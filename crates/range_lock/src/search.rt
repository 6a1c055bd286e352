//! The search for locks in conflict.
ghost use Rattle.std.specs.Prelude.{◌≡◌, ◌&&◌, ◌||◌, ◌==◌, not, ℕ, List, map, flat_map, OnOk, IfSome, Some, true};
ghost use Rattle.std.specs.declared.cmp.Ordering.TheVariants.{Less};
ghost use Rattle.std.specs.Ordering.{nat_cmp};
ghost use Rattle.std.specs.Cmp.Lexicographic.{slice_cmp};
ghost use Rattle.store_model.specs.Range.{is_below, overlap};
ghost use Rattle.range_lock.specs.Lock.{is_exclusive, conflict};
ghost use Rattle.range_lock.specs.Nearest.{nearest, step};
ghost use Rattle.range_lock.specs.Tables.{StartsBelow, lock_at_point, lock_on_range, locks_on_ranges};

use crate::entry::{PointEntry, RangeLock};
use crate::rival::{Rival, nearer};
use std::alloc::AllocError;
use std::collections::{BTreeMap, BTreeSet};
use std::ops;
use store_model::{Bound, KeyRange, List, Mode, TxId};
use text_order::compare_texts;

/// Whether the mode keeps others off.
pub fn is_exclusive(mode: Mode) -> bool
    ensures { result ≡ is_exclusive mode }
{
    match mode {
        Mode::Shared => false,
        Mode::Exclusive => true,
    }
}

/// Whether one of two modes is exclusive. Two shared locks never conflict.
pub fn is_one_exclusive(mode: Mode, held: Mode) -> bool
    ensures { result ≡ (is_exclusive mode || is_exclusive held) }
{
    is_exclusive(mode) || is_exclusive(held)
}

/// Whether a holder's lock keeps a transaction from a range.
fn conflicts(
    tx: TxId,
    range: &KeyRange,
    mode: Mode,
    holder: TxId,
    at: &KeyRange,
    held: Mode,
) -> bool
    ensures { result ≡ conflict (record { tx = tx; range = range.now; mode = mode }) (record { tx = holder; range = at.now; mode = held }) }
{
    holder != tx && range.overlaps(at) && is_one_exclusive(mode, held)
}

/// Whether a text is below a bound.
pub fn is_above(bound: &Bound, text: &[u8]) -> bool
    ensures { result ≡ is_below (Some text.now) bound.now }
{
    match bound.as_bytes() {
        None => true,
        Some(end) => compare_texts(text, end).is_lt(),
    }
}

/// A lock with only keys below the range below its own, if there are keys below the range. It has the range's low bound,
/// or as much of it as it has room for, and no lock on its key stands before it.
fn first_entry<const N: usize>(range: &KeyRange) -> Option<PointEntry<N>>
    ensures below { IfSome result (λ p. (q : List ℕ) → slice_cmp nat_cmp q p.key ≡ Less → is_below (Some q) range.now.low ≡ true) }
    ensures first { IfSome result (λ p. p.tx ≡ 0) }
{
    let low = range.low().as_bytes()?;
    PointEntry::new(&low[..low.len().min(N)], 0)
}

/// Where to begin the search among the point locks.
pub fn start_of<const N: usize>(range: &KeyRange) -> ops::Bound<PointEntry<N>>
    ensures { StartsBelow result range.now.low }
{
    match first_entry(range) {
        Some(entry) => ops::Bound::Included(entry),
        None => ops::Bound::Unbounded,
    }
}

/// Takes a point lock into the best so far where it is the first in conflict with a lock. It is a call of its own, so that
/// a search that meets no lock makes no room for what is named.
#[inline(never)]
fn first_of_point<const N: usize>(
    best: &mut Option<Rival>,
    point: &PointEntry<N>,
    held: Mode,
    tx: TxId,
    range: &KeyRange,
    mode: Mode,
)
    ensures { best.new ≡ step (record { tx = tx; range = range.now; mode = mode }) best.old (lock_at_point held point.now) }
{
    let holder = point.tx();
    let place = point.place();
    if conflicts(tx, range, mode, holder, &place, held) {
        let other = Rival {
            holder,
            range: place,
        };
        *best = nearer(best.take(), other);
    }
}

/// Takes into the best so far the first of the point locks in the range that are in conflict with a lock.
#[inline(never)]
fn first_in_range<const N: usize>(
    best: &mut Option<Rival>,
    points: &BTreeSet<PointEntry<N>>,
    held: Mode,
    tx: TxId,
    range: &KeyRange,
    mode: Mode,
)
    ensures { best.new ≡ nearest (record { tx = tx; range = range.now; mode = mode }) (map (lock_at_point held) points.now.keys) best.old }
{
    let start = start_of(range);
    for lock in points.range((start.as_ref(), ops::Bound::Unbounded)) {
        if !is_above(range.high(), lock.text()) {
            break;
        }
        first_of_point(best, lock, held, tx, range, mode);
    }
}

/// Takes into the best so far the first of the point locks held in one mode in conflict with a lock.
#[inline(always)]
pub fn first_point<const N: usize>(
    best: &mut Option<Rival>,
    points: &BTreeSet<PointEntry<N>>,
    held: Mode,
    tx: TxId,
    range: &KeyRange,
    mode: Mode,
)
    ensures { best.new ≡ nearest (record { tx = tx; range = range.now; mode = mode }) (map (lock_at_point held) points.now.keys) best.old }
{
    if points.is_empty() || !is_one_exclusive(mode, held) {
        return;
    }
    first_in_range(best, points, held, tx, range, mode);
}

/// Takes a range lock into the best so far where it is the first in conflict with a lock.
fn first_of(
    best: &mut Option<Rival>,
    holder: TxId,
    held: &RangeLock,
    tx: TxId,
    range: &KeyRange,
    mode: Mode,
) -> Result<(), AllocError>
    ensures { OnOk result (best.new ≡ step (record { tx = tx; range = range.now; mode = mode }) best.old (lock_on_range holder held.now)) }
{
    if conflicts(tx, range, mode, holder, &held.range, held.mode) {
        let range = held.range.clone()?;
        *best = nearer(best.take(), Rival { holder, range });
    }
    Ok(())
}

/// Takes into the best so far the first of a transaction's range locks in conflict with a lock.
fn first_of_holder(
    best: &mut Option<Rival>,
    holder: TxId,
    held: &[RangeLock],
    tx: TxId,
    range: &KeyRange,
    mode: Mode,
) -> Result<(), AllocError>
    ensures { OnOk result (best.new ≡ nearest (record { tx = tx; range = range.now; mode = mode }) (map (lock_on_range holder) held.now) best.old) }
{
    for lock in held {
        first_of(best, holder, lock, tx, range, mode)?;
    }
    Ok(())
}

/// Takes into the best so far the first of the range locks in conflict with a lock.
#[tactic(auto, unfolding(crate::specs::Nearest::nearest), using(crate::proofs::Conflicts::nearest_appended))]
pub fn first_range(
    best: &mut Option<Rival>,
    ranges: &BTreeMap<TxId, List<RangeLock>>,
    tx: TxId,
    range: &KeyRange,
    mode: Mode,
) -> Result<(), AllocError>
    ensures { OnOk result (best.new ≡ nearest (record { tx = tx; range = range.now; mode = mode }) (flat_map locks_on_ranges ranges.now.entries) best.old) }
{
    if ranges.is_empty() {
        return Ok(());
    }
    for (holder, held) in ranges {
        first_of_holder(best, *holder, held.as_slice(), tx, range, mode)?;
    }
    Ok(())
}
══════════════════════════════
What is required
Go to the line in the material above that contains "StartsBelow result range.now.low" and copy exactly from there through the line that contains "own, so that", stopping after it.

Your response
    ensures { StartsBelow result range.now.low }
{
    match first_entry(range) {
        Some(entry) => ops::Bound::Included(entry),
        None => ops::Bound::Unbounded,
    }
}

/// Takes a point lock into the best so far where it is the first in conflict with a lock. It is a call of its own, so that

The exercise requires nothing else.